Each entry must appear in the answer exactly as given.

(Collected data entries)
◇ ◇ ◇ ◇ ◇

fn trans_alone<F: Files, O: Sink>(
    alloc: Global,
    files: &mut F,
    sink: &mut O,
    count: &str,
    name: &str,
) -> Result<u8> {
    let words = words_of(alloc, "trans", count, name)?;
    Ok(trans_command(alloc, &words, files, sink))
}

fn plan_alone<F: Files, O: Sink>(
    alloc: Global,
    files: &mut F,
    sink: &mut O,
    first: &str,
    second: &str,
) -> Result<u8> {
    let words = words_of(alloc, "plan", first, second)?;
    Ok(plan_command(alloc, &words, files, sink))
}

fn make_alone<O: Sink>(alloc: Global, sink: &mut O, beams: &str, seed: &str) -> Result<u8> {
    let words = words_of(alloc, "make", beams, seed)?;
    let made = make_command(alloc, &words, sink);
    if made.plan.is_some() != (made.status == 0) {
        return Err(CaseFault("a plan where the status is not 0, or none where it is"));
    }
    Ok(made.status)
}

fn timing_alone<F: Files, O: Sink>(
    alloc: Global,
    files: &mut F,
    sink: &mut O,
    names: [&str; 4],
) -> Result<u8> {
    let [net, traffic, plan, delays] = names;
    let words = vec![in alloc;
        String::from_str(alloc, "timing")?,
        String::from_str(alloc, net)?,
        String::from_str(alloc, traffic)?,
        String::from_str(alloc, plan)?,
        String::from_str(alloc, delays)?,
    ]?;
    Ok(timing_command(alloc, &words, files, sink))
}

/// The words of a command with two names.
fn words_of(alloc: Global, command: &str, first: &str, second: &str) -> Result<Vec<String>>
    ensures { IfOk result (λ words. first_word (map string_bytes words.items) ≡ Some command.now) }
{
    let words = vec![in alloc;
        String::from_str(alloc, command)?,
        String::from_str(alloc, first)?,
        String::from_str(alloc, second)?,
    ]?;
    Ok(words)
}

◇ ◇ ◇ ◇ ◇

**Answer to this task:**
fn trans_alone<F: Files, O: Sink>(
    alloc: Global,
    files: &mut F,
    sink: &mut O,
    count: &str,
    name: &str,
) -> Result<u8> {
    let words = words_of(alloc, "trans", count, name)?;
    Ok(trans_command(alloc, &words, files, sink))
}

fn plan_alone<F: Files, O: Sink>(
    alloc: Global,
    files: &mut F,
    sink: &mut O,
    first: &str,
    second: &str,
) -> Result<u8> {
    let words = words_of(alloc, "plan", first, second)?;
    Ok(plan_command(alloc, &words, files, sink))
}

fn make_alone<O: Sink>(alloc: Global, sink: &mut O, beams: &str, seed: &str) -> Result<u8> {
    let words = words_of(alloc, "make", beams, seed)?;
    let made = make_command(alloc, &words, sink);
    if made.plan.is_some() != (made.status == 0) {
        return Err(CaseFault("a plan where the status is not 0, or none where it is"));
    }
    Ok(made.status)
}

fn timing_alone<F: Files, O: Sink>(
    alloc: Global,
    files: &mut F,
    sink: &mut O,
    names: [&str; 4],
) -> Result<u8> {
    let [net, traffic, plan, delays] = names;
    let words = vec![in alloc;
        String::from_str(alloc, "timing")?,
        String::from_str(alloc, net)?,
        String::from_str(alloc, traffic)?,
        String::from_str(alloc, plan)?,
        String::from_str(alloc, delays)?,
    ]?;
    Ok(timing_command(alloc, &words, files, sink))
}

/// The words of a command with two names.
fn words_of(alloc: Global, command: &str, first: &str, second: &str) -> Result<Vec<String>>
    ensures { IfOk result (λ words. first_word (map string_bytes words.items) ≡ Some command.now) }
{
    let words = vec![in alloc;
        String::from_str(alloc, command)?,
        String::from_str(alloc, first)?,
        String::from_str(alloc, second)?,
    ]?;
    Ok(words)
}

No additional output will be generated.